As a junior, he reached the round of 16 at the 1989 Australian Open, and also partnered with Patrick Rafter in the boys' doubles.

===ATP career===
In the early 1990s, he began competing professionally and is notable for being the first Slovenian player to be ranked in the world's top 200.

He was the runner-up at the Kosice Challenger in 1994 and appeared twice in the main draw of ATP Tour tournaments, both times as a qualifier. At the 1995 ATP St. Pölten, he took third seed Gilbert Schaller to three sets in the first round and also lost in the opening round of the Croatia Open in 2001, in three sets to Óscar Serrano.

In 1998, he made it to the final round of qualifying at three of the four Grand Slam tournaments: the Australian Open, French Open and US Open.

===Representative===
At the 1992 Summer Olympics, Božič was a member of Slovenia's first-ever Olympic squad as an independent nation and participated in the men's doubles competition. He and his partner, Blaž Trupej, were defeated in the opening round by the Indian pairing of Leander Paes and Ramesh Krishnan.

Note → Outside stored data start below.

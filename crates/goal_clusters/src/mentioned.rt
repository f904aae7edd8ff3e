//! The numbers of the metavariables that goals mention.

ghost use Rattle.std.specs.Prelude.{◌≡◌, ◌++◌, OnOk};
ghost use Rattle.lf_definitions.specs.Typing.{goal_type};
ghost use Rattle.lf_terms.specs.Targets.{goal_of};
ghost use Rattle.lf_terms.specs.Terms.{head_of, term_of};
ghost use Rattle.lf_terms.specs.Types.{type_of};
ghost use Rattle.goal_clusters.specs.Mentioned.{number_of_head, numbers_in, numbers_in_spine, numbers_in_type, numbers_in_context};

use basics::NoMemory;
use lf_terms::{Goal, Head, Term, Terms, Ty, Tys};

// Adds the numbers that the context and the target of a goal mention, each as often as it occurs. Parts
// without metavariables are passed in one step.
pub(crate) fn add_goal(numbers: &mut Vec<u32>, goal: &Goal) -> Result<(), NoMemory>
    ensures { OnOk result (numbers.new.items ≡ numbers.old.items ++ numbers_in_type (goal_type (goal_of goal.now))) }
{
    add_types(numbers, &goal.ctx)?;
    add_terms(numbers, &goal.target.args)
}

// Adds those of a type.
#[cycle(add_type)]
fn add_type(numbers: &mut Vec<u32>, ty: &Ty) -> Result<(), NoMemory>
    ensures { OnOk result (numbers.new.items ≡ numbers.old.items ++ numbers_in_type (type_of ty.now)) }
{
    add_types(numbers, &ty.binders)?;
    add_terms(numbers, &ty.args)
}

// Adds those of types.
#[cycle(add_type)]
fn add_types(numbers: &mut Vec<u32>, types: &Tys) -> Result<(), NoMemory>
    ensures { OnOk result (numbers.new.items ≡ numbers.old.items ++ numbers_in_context types.now) }
{
    if !types.has_metas() {
        return Ok(());
    }
    let items = types.as_slice();
    for i in 0..items.len() {
        add_type(numbers, &items[i])?;
    }
    Ok(())
}

// Adds those of a term.
#[cycle(add_term)]
fn add_term(numbers: &mut Vec<u32>, term: &Term) -> Result<(), NoMemory>
    ensures { OnOk result (numbers.new.items ≡ numbers.old.items ++ numbers_in (term_of term.now)) }
{
    match term {
        Term::Lam(body) => add_term(numbers, body.term()),
        Term::At(head, args) => {
            add_head(numbers, *head)?;
            add_terms(numbers, args)
        }
    }
}

// Adds those of terms.
#[cycle(add_term)]
fn add_terms(numbers: &mut Vec<u32>, terms: &Terms) -> Result<(), NoMemory>
    ensures { OnOk result (numbers.new.items ≡ numbers.old.items ++ numbers_in_spine terms.now) }
{
    if !terms.has_metas() {
        return Ok(());
    }
    let items = terms.as_slice();
    for i in 0..items.len() {
        add_term(numbers, &items[i])?;
    }
    Ok(())
}

// Adds that of a head, if it is a metavariable.
fn add_head(numbers: &mut Vec<u32>, head: Head) -> Result<(), NoMemory>
    ensures { OnOk result (numbers.new.items ≡ numbers.old.items ++ number_of_head (head_of head)) }
{
    if let Head::Meta(number) = head {
        numbers.push(number)?;
    }
    Ok(())
}
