//! The clusters of a list of goals.

ghost use Rattle.std.specs.Prelude.{◌≡◌, ◌++◌, IfOk, length, map};
ghost use Rattle.lf_definitions.specs.GoalLists.{all_goals, ids, AreDistinct};
ghost use Rattle.goal_lists.specs.Numbering.{renumbered, numbered_pairs};
ghost use Rattle.application_laws.specs.Conditions.{goals_inside};
ghost use Rattle.applications.specs.Candidates.{counting_from};
ghost use Rattle.clusters.specs.Clusters.{classes, is_one_of, clusters};
ghost use Rattle.meta_goals.specs.GoalsOf.{goals_of};
ghost use Rattle.goal_clusters.specs.Dealing.{own_roots, part_at, numbers_of, PartsAreDistinct};

use crate::deal::deal;
use crate::mentions::roots_of;
use basics::{NoMemory, Pairs};
use lf_terms::GoalList;
use meta_goals::Goals;
use meta_goals::rename::rename;
use std::alloc::Global;

/// One cluster: its goals, numbered by their places, and the pairs of old numbers with new ones, in this order.
#[derive(Drop)]
pub struct Cluster {
    pub goals: Goals,
    pub renaming: Pairs,
}

/// The clusters of a list: goals that mention each other, directly or through others, in the order of their
/// first goals. It takes time that grows nearly as the number of goals and the size of what they mention.
pub fn clusters(alloc: Global, goals: &Goals) -> Result<Vec<Cluster>, NoMemory>
    requires { AreDistinct (all_goals (goals_of goals.now)) }
    ensures goals { IfOk result (λ found. map (λ c. goals_of c.goals) found.items ≡ clusters (goals_of goals.now)) }
    ensures renaming { IfOk result (λ found. map (λ c. c.renaming) found.items ≡ map (λ class. numbered_pairs 0 (ids (all_goals (goals_inside (is_one_of class) (goals_of goals.now))))) (classes (all_goals (goals_of goals.now)))) }
{
    let found_roots = roots_of(alloc, goals)?;
    let roots = found_roots.as_slice();
    let proofs = deal(alloc, roots, 0, &goals.proofs)?;
    let witnesses = deal(alloc, roots, goals.proofs.len(), &goals.witnesses)?;
    let found = numbered_parts(alloc, roots, proofs.as_slice(), witnesses.as_slice())?;
    Ok(found)
}

// The parts of the places that are their own roots, each numbered by its places.
fn numbered_parts(
    alloc: Global,
    roots: &[usize],
    proofs: &[GoalList],
    witnesses: &[GoalList],
) -> Result<Vec<Cluster>, NoMemory>
    requires as_many_proofs { length proofs.now ≡ length roots.now }
    requires as_many_witnesses { length witnesses.now ≡ length roots.now }
    requires distinct { PartsAreDistinct proofs.now witnesses.now }
    ensures goals { IfOk result (λ found. map (λ c. goals_of c.goals) found.items ≡ map (λ r. renumbered (part_at proofs.now witnesses.now r)) (own_roots roots.now (counting_from 0 (length roots.now)))) }
    ensures renaming { IfOk result (λ found. map (λ c. c.renaming) found.items ≡ map (λ r. numbered_pairs 0 (numbers_of (part_at proofs.now witnesses.now r))) (own_roots roots.now (counting_from 0 (length roots.now)))) }
{
    let mut found = Vec::new(alloc);
    for place in 0..roots.len() {
        if roots[place] == place {
            found.push(numbered_part(alloc, &proofs[place], &witnesses[place])?)?;
        }
    }
    Ok(found)
}

// One part, numbered by its places.
fn numbered_part(
    alloc: Global,
    proofs: &GoalList,
    witnesses: &GoalList,
) -> Result<Cluster, NoMemory>
    requires { AreDistinct (proofs.now ++ witnesses.now) }
    ensures goals { IfOk result (λ c. goals_of c.goals ≡ renumbered (record { proofs = proofs.now; witnesses = witnesses.now })) }
    ensures renaming { IfOk result (λ c. c.renaming ≡ numbered_pairs 0 (ids (proofs.now ++ witnesses.now))) }
{
    let part = Goals {
        proofs: proofs.copy(alloc)?,
        witnesses: witnesses.copy(alloc)?,
    };
    let (goals, renaming) = rename(alloc, &part)?;
    Ok(Cluster { goals, renaming })
}
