//! Goals that are joined with the goals that they mention.

ghost use Rattle.std.specs.Prelude.{◌≡◌, ◌+◌, ◌≤◌, ◌<◌, ◌++◌, ◌≢◌, AllPairs, IfOk, OnOk, length, nat_eq};
ghost use Rattle.std.specs.List.{position};
ghost use Rattle.lf_definitions.specs.GoalLists.{all_goals, ids, AreDistinct};
ghost use Rattle.lf_definitions.specs.Typing.{goal_type};
ghost use Rattle.lf_terms.specs.Targets.{goal_of};
ghost use Rattle.meta_goals.specs.GoalsOf.{goals_of};
ghost use Rattle.goal_clusters.specs.Mentioned.{numbers_in_type};
ghost use Rattle.goal_clusters.specs.Linking.{LeadsBack, Relinks, joined_if, joined_by, joined_all, AreRootsOf};

use crate::links::{join, own_links, roots};
use crate::mentioned::add_goal;
use basics::NoMemory;
use indexmap::IndexSet;
use lf_terms::{Goal, GoalList};
use meta_goals::Goals;
use std::alloc::Global;

// For each goal of a list the root of its place: the first place of the goals that mention it or are mentioned
// by it, directly or through others.
pub(crate) fn roots_of(alloc: Global, goals: &Goals) -> Result<Vec<usize>, NoMemory>
    requires { AreDistinct (all_goals (goals_of goals.now)) }
    ensures { IfOk result (λ found. AreRootsOf (all_goals (goals_of goals.now)) found.items) }
{
    let numbers = numbers_of(alloc, goals)?;
    let mut links = own_links(alloc, numbers.len())?;
    join_all(alloc, &mut links, &numbers, 0, &goals.proofs)?;
    join_all(
        alloc,
        &mut links,
        &numbers,
        goals.proofs.len(),
        &goals.witnesses,
    )?;
    let found = roots(alloc, links.as_slice())?;
    Ok(found)
}

// The numbers of goals, whose places are found by a look-up.
fn numbers_of(alloc: Global, goals: &Goals) -> Result<IndexSet<u32>, NoMemory>
    requires { AreDistinct (all_goals (goals_of goals.now)) }
    ensures { IfOk result (λ numbers. numbers.keys ≡ ids (all_goals (goals_of goals.now))) }
{
    let mut numbers = IndexSet::new(alloc);
    add_numbers(&mut numbers, &goals.proofs)?;
    add_numbers(&mut numbers, &goals.witnesses)?;
    Ok(numbers)
}

// Adds the numbers of a list.
fn add_numbers(numbers: &mut IndexSet<u32>, goals: &GoalList) -> Result<(), NoMemory>
    requires { AllPairs (λ m n. m ≢ n) (numbers.old.keys ++ ids goals.now) }
    ensures { OnOk result (numbers.new.keys ≡ numbers.old.keys ++ ids goals.now) }
{
    let items = goals.as_slice();
    for i in 0..items.len() {
        numbers.insert_full(items[i].id)?;
    }
    Ok(())
}

// Joins the places of goals, from `first` on, with those of the goals that they mention.
fn join_all(
    alloc: Global,
    links: &mut Vec<usize>,
    numbers: &IndexSet<u32>,
    first: usize,
    goals: &GoalList,
) -> Result<(), NoMemory>
    requires leads_back { LeadsBack links.old.items }
    requires as_long { length links.old.items ≡ length numbers.now.keys }
    requires within { first + length goals.now ≤ length links.old.items }
    ensures { OnOk result (Relinks links.old.items links.new.items (joined_all numbers.now.keys first goals.now)) }
{
    let items = goals.as_slice();
    for i in 0..items.len() {
        join_goal(alloc, links, numbers, first + i, &items[i])?;
    }
    Ok(())
}

// Joins the place of a goal with those of the goals that it mentions.
fn join_goal(
    alloc: Global,
    links: &mut Vec<usize>,
    numbers: &IndexSet<u32>,
    place: usize,
    goal: &Goal,
) -> Result<(), NoMemory>
    requires leads_back { LeadsBack links.old.items }
    requires as_long { length links.old.items ≡ length numbers.now.keys }
    requires within { place < length links.old.items }
    ensures { OnOk result (Relinks links.old.items links.new.items (joined_by numbers.now.keys place (numbers_in_type (goal_type (goal_of goal.now))))) }
{
    let mut mentioned = Vec::new(alloc);
    add_goal(&mut mentioned, goal)?;
    join_each(links, numbers, place, mentioned.as_slice());
    Ok(())
}

// Joins a place with those of numbers.
fn join_each(links: &mut Vec<usize>, numbers: &IndexSet<u32>, place: usize, mentioned: &[u32])
    requires leads_back { LeadsBack links.old.items }
    requires as_long { length links.old.items ≡ length numbers.now.keys }
    requires within { place < length links.old.items }
    ensures { Relinks links.old.items links.new.items (joined_by numbers.now.keys place mentioned.now) }
{
    for number in mentioned {
        join_number(links, numbers, place, *number);
    }
}

// Joins a place with that of a number, if there is one.
fn join_number(links: &mut Vec<usize>, numbers: &IndexSet<u32>, place: usize, number: u32)
    requires leads_back { LeadsBack links.old.items }
    requires as_long { length links.old.items ≡ length numbers.now.keys }
    requires within { place < length links.old.items }
    ensures { Relinks links.old.items links.new.items (joined_if place (position (nat_eq number) numbers.now.keys)) }
{
    if let Some(other) = numbers.get_index_of(&number) {
        join(links, place, other);
    }
}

Božič played a total of 15 Davis Cup ties for Slovenia during his career, with his debut in 1994 against Greece in Slovenia's first-ever home fixture. By the time he retired, he had amassed a 14/14 record, with all victories coming in singles.

He won a silver medal for Slovenia at the 1997 Mediterranean Games, in the men's doubles with Borut Urh.